Cari media, se per caso succede, dovrete ingoiare tanta - ma tanta - di quella me**a che ci lascerete metaforicamente le penne o di crepacuore o di indigestione.


----------



## Toby rosso nero (30 Aprile 2022)

Ma l'articolo, in cui cita il "profeta Dionisi", l'avrà scritto prima o dopo la partita di oggi?


----------



## Roten1896 (30 Aprile 2022)

Non so nemmeno che faccia abbia sta gente. Per me non significano nulla. Noi dobbiamo vincere solo per noi stessi. Senza pensare a chi ci butta fango.


----------



## ThaiBoxer93 (30 Aprile 2022)

Toby rosso nero ha scritto:


> Il pronostico di Giancarlo Padovan per la corsa scudetto:
> 
> "La squadra di Pioli perderà più di due punti in quattro partite. Ritengo l’Inter di gran lunga più forte e più completa del Milan.
> L'Inter è viva, con il Bologna senza l'errore di Radu il sorpasso sarebbe potuto avvenire nei minuti finali.
> ...


Sto tizio si dice convinto che il calendario non influirà sulla fine del campionato, mettendo di fatto sullo stesso piano le nostre partite e quelle dell‘Inter; poi, però, cita tutte le avversarie del Milan mettendone in mostra le doti che dovrebbero spezzarci le reni.
Poi mi chiedo: come è possibile che gli Ingiocabili, di gran lunga più forti e completi, non abbiano già vinto a Marzo, ma siano sotto? Questo Padovan ha una vaga idea di quello che dice?


----------



## 28Maggio2003 (30 Aprile 2022)

Domani pioli dovrebbe mostrare queste robe qua, sarà fondamentale come entriamo, nei primi minuti si capirà tutto


----------



## chicagousait (30 Aprile 2022)

Toby rosso nero ha scritto:


> Il pronostico di Giancarlo Padovan per la corsa scudetto:
> 
> "La squadra di Pioli perderà più di due punti in quattro partite. Ritengo l’Inter di gran lunga più forte e più completa del Milan.
> L'Inter è viva, con il Bologna senza l'errore di Radu il sorpasso sarebbe potuto avvenire nei minuti finali.
> ...


Non succede, ma se succede


----------



## Andrea Red&Black (30 Aprile 2022)

Ottimo. In genere non ne prende una


----------



## Gamma (30 Aprile 2022)

Toby rosso nero ha scritto:


> Il pronostico di Giancarlo Padovan per la corsa scudetto:
> 
> "La squadra di Pioli perderà più di due punti in quattro partite.

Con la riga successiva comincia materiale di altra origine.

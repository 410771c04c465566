// The types of the calls' arguments and answers. What the calls do is in specs/.
#![tactic(auto)]

ghost use Rattle.std.specs.Prelude.{◌≡◌, ◌/◌, ◌%◌};
ghost use Rattle.model.specs.Limits.{page_size};
ghost use Rattle.model.specs.Answers.{kind_number, origin_number, refusal_number, usual_settings, usual_matrix, the_limits};
ghost use Rattle.model.specs.declared.Failure.TheVariants.{Broken};
ghost use Rattle.model.specs.Reasons.{reason_number, stage_number};

// The numbers of the settings; the split matrix goes beside them as a slice, since one of any length may be handed over.
#[derive(Clone, Copy, Debug, PartialEq, Eq)]
pub struct Settings {
    pub pages: usize,
    pub target: usize,
    pub tolerance: usize,
    pub form: usize,
}

impl Settings {
    // The bytes of a page, the most bytes of a record, the most levels of the tree.
    pub const PAGE: usize = 4096;

    pub const CAPACITY: usize = 4080;

    pub const LEVELS: usize = 24;
    // The most pages of an image, content bytes of a literal, bytes of a new node with its header.
    pub const PAGES: usize = 1024;
    // The bytes of a mark for each of them.
    pub const MARKS: usize = 128;

    pub const CONTENT: usize = 520;

    pub const NODE: usize = 526;
    // The largest number of an origin.
    pub const MOST_ORIGIN: usize = 3;
    // The range of the target, the largest tolerance, the form.
    pub const LEAST_TARGET: usize = 64;

    pub const MOST_TARGET: usize = 192;

    pub const MOST_TOLERANCE: usize = 512;

    pub const FORM: usize = 1;
    // The longest paths in bytes: of a node, and of the parent of an insert.
    pub const PATH: usize = 92;

    pub const PARENT_PATH: usize = 88;
    // Matrix entries, and the usual split matrix: free choice for every pair.
    pub const ENTRIES: usize = 256;

    pub const MATRIX: [u8; 256] = [2u8; 256];

    // The named values above: what holds each to its definition.
    pub fn limits() -> Limits
        ensures { result ≡ the_limits }
    {
        Limits {
            page: Settings::PAGE,
            capacity: Settings::CAPACITY,
            levels: Settings::LEVELS,
            pages: Settings::PAGES,
            marks: Settings::MARKS,
            content: Settings::CONTENT,
            node: Settings::NODE,
            origin: Settings::MOST_ORIGIN,
            least: Settings::LEAST_TARGET,
            most: Settings::MOST_TARGET,
            tolerance: Settings::MOST_TOLERANCE,
            form: Settings::FORM,
            path: Settings::PATH,
            parent: Settings::PARENT_PATH,
            entries: Settings::ENTRIES,
        }
    }

    pub fn usual_matrix() -> [u8; Settings::ENTRIES]
        ensures { result ≡ usual_matrix }
    {
        Settings::MATRIX
    }

    // The usual settings for an image of so many pages.
    pub fn usual(pages: usize) -> Settings
        ensures { result ≡ usual_settings pages }
    {
        Settings {
            pages,
            target: 128,
            tolerance: 409,
            form: Settings::FORM,
        }
    }
}

// The limits, each under its name.
#[derive(Clone, Copy, Debug, PartialEq, Eq)]
pub struct Limits {
    pub page: usize,
    pub capacity: usize,
    pub levels: usize,
    pub pages: usize,
    pub marks: usize,
    pub content: usize,
    pub node: usize,
    pub origin: usize,
    pub least: usize,
    pub most: usize,
    pub tolerance: usize,
    pub form: usize,
    pub path: usize,
    pub parent: usize,
    pub entries: usize,
}

// Where a node starts: a page, and a byte offset in it.
#[derive(Clone, Copy, Debug, PartialEq, Eq)]
pub struct Place {
    pub page: usize,
    pub offset: usize,
}

impl Place {
    // The place of a byte of the image.
    pub fn of_byte(at: usize) -> Place
        ensures { result ≡ record { page = at / page_size; offset = at % page_size } }
    {
        Place {
            page: at / Settings::PAGE,
            offset: at % Settings::PAGE,
        }
    }
}

#[derive(Clone, Copy, Debug, PartialEq, Eq)]
pub enum Kind {
    Aggregate,
    Literal,
}

impl From<Kind> for u32 {
    ghost from_gives = { λ kind n. n ≡ kind_number kind };

    fn from(kind: Kind) -> u32 {
        match kind {
            Kind::Aggregate => 1,
            Kind::Literal => 2,
        }
    }
}

// Where a node came from: seen on the wire, read from a store, typed in, or derived.
#[derive(Clone, Copy, Debug, PartialEq, Eq)]
pub enum Origin {
    Wire,
    Stored,
    TypedIn,
    Derived,
}

impl From<Origin> for u32 {
    ghost from_gives = { λ origin n. n ≡ origin_number origin };

    fn from(origin: Origin) -> u32 {
        match origin {
            Origin::Wire => 0,
            Origin::Stored => 1,
            Origin::TypedIn => 2,
            Origin::Derived => 3,
        }
    }
}

// Why a call is refused: the lines of document 01's table, in the order of their numbers.
#[derive(Clone, Copy, Debug, PartialEq, Eq)]
pub enum Refusal {
    WrongLength,
    WrongSettings,
    NotPassed,
    LongPath,
    WrongKind,
    LongContent,
    NoNode,
    LiteralParent,
    PastChildren,
    NoPlaceThere,
    ShortBuffer,
    NoFreePage,
    WrongOrigin,
    EmptyPath,
}

impl From<Refusal> for u32 {
    ghost from_gives = { λ refusal n. n ≡ refusal_number refusal };

    fn from(refusal: Refusal) -> u32 {
        match refusal {
            Refusal::WrongLength => 1,
            Refusal::WrongSettings => 2,
            Refusal::NotPassed => 3,
            Refusal::LongPath => 4,
            Refusal::WrongKind => 5,
            Refusal::LongContent => 6,
            Refusal::NoNode => 7,
            Refusal::LiteralParent => 8,
            Refusal::PastChildren => 9,
            Refusal::NoPlaceThere => 10,
            Refusal::ShortBuffer => 11,
            Refusal::NoFreePage => 12,
            Refusal::WrongOrigin => 13,
            Refusal::EmptyPath => 14,
        }
    }
}

// Why an image does not pass the check.
#[derive(Clone, Copy, Debug, PartialEq, Eq)]
pub enum Reason {
    NeverFormatted,
    BadSettings,
    BadTrailer,
    FreeNotZero,
    PastLength,
    BadNode,
    TooDeep,
    BadProxy,
    NotReached,
}

impl From<Reason> for u32 {
    ghost from_gives = { λ reason n. n ≡ reason_number reason };

    fn from(reason: Reason) -> u32 {
        match reason {
            Reason::NeverFormatted => 1,
            Reason::BadSettings => 2,
            Reason::BadTrailer => 3,
            Reason::FreeNotZero => 4,
            Reason::PastLength => 5,
            Reason::BadNode => 6,
            Reason::TooDeep => 7,
            Reason::BadProxy => 8,
            Reason::NotReached => 9,
        }
    }
}

// The following node in document order, or the end.
#[derive(Clone, Copy, Debug, PartialEq, Eq)]
pub struct NextNode {
    pub place: Place,
    pub kind: Kind,
    pub origin: Origin,
}

// Document 01 names this form, an enum with an end, in place of an Option.
#[derive(Clone, Copy, Debug, PartialEq, Eq)]
pub enum Next {
    Node(NextNode),
    End,
}

// Of insert: where the new node stands, how many records were split, and the lean of the first split.
#[derive(Clone, Copy, Debug, PartialEq, Eq)]
pub struct Inserted {
    pub place: Place,
    pub splits: u32,
    pub lean: i32,
}

// Of walk: how many entries were written, and the place of the first node that was not, if there is one.
#[derive(Clone, Copy, Debug, PartialEq, Eq)]
pub struct Walked {
    pub written: usize,
    pub next: Option<Place>,
}

// The stages of the check: page 0, the other pages by themselves, the walk from page 1.
#[derive(Clone, Copy, Debug, PartialEq, Eq)]
pub enum Stage {
    Settings,
    Pages,
    Walk,
}

impl From<Stage> for u32 {
    ghost from_gives = { λ stage n. n ≡ stage_number stage };

    fn from(stage: Stage) -> u32 {
        match stage {
            Stage::Settings => 1,
            Stage::Pages => 2,
            Stage::Walk => 3,
        }
    }
}

// The stage that finds an image broken, the page at fault and the reason.
#[derive(Clone, Copy, Debug, PartialEq, Eq)]
pub struct Fault {
    pub stage: Stage,
    pub page: usize,
    pub reason: Reason,
}

// What diagnose finds where an image does not pass the check.
#[derive(Clone, Copy, Debug, PartialEq, Eq)]
pub enum Failure {
    WrongLength,
    Broken(Fault),
}

impl From<Fault> for Failure {
    ghost from_gives = { λ fault failure. failure ≡ Broken fault };

    fn from(fault: Fault) -> Failure {
        Failure::Broken(fault)
    }
}

// Of read: the content is the part of the image that starts at `start` and has `len` bytes.
#[derive(Clone, Copy, Debug, PartialEq, Eq)]
pub struct Details {
    pub kind: Kind,
    pub origin: Origin,
    pub label: u32,
    pub children: u32,
    pub start: usize,
    pub len: usize,
}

Ritengo l’Inter di gran lunga più forte e più completa del Milan.
> L'Inter è viva, con il Bologna senza l'errore di Radu il sorpasso sarebbe potuto avvenire nei minuti finali.
> ...



Ma perché parla come se queste squadre noi potessimo batterle solo se si dovessero scansare in blocco?
Non siamo quindicesimi in classifica, ma primi, siamo motivati, non possiamo avere paura.
Siamo primi senza che nessuno ci abbia mai regalato nulla, quindi questo discorso lo trovo senza senso (anzi, ci hanno tolto qualcosa).


----------



## diavolo (30 Aprile 2022)

Toby rosso nero ha scritto:


> Il pronostico di Giancarlo Padovan per la corsa scudetto:
> 
> "La squadra di Pioli perderà più di due punti in quattro partite. Ritengo l’Inter di gran lunga più forte e più completa del Milan.
> L'Inter è viva, con il Bologna senza l'errore di Radu il sorpasso sarebbe potuto avvenire nei minuti finali.
> ...


Vecchio trincone...


----------



## SoloMVB (30 Aprile 2022)

Pure le zecche esprimono pareri?


----------



## EmmePi (30 Aprile 2022)

Toby rosso nero ha scritto:


> Il pronostico di Giancarlo Padovan per la corsa scudetto:
> 
> "La squadra di Pioli perderà più di due punti in quattro partite. Ritengo l’Inter di gran lunga più forte e più completa del Milan.
> L'Inter è viva, con il Bologna senza l'errore di Radu il sorpasso sarebbe potuto avvenire nei minuti finali.
> ...


E già, è chiaro che contro di noi le avversarie DEVONO per forza di cose sputare il sangue per levarci punti ancorchè non abbiano nulla da chiedere alla classifica....
Di contro ai cartonati deve essere spianata la strada, magari col Cagliari che scelga la strada della serie B per concedere la seconda stella ai merdazzurri.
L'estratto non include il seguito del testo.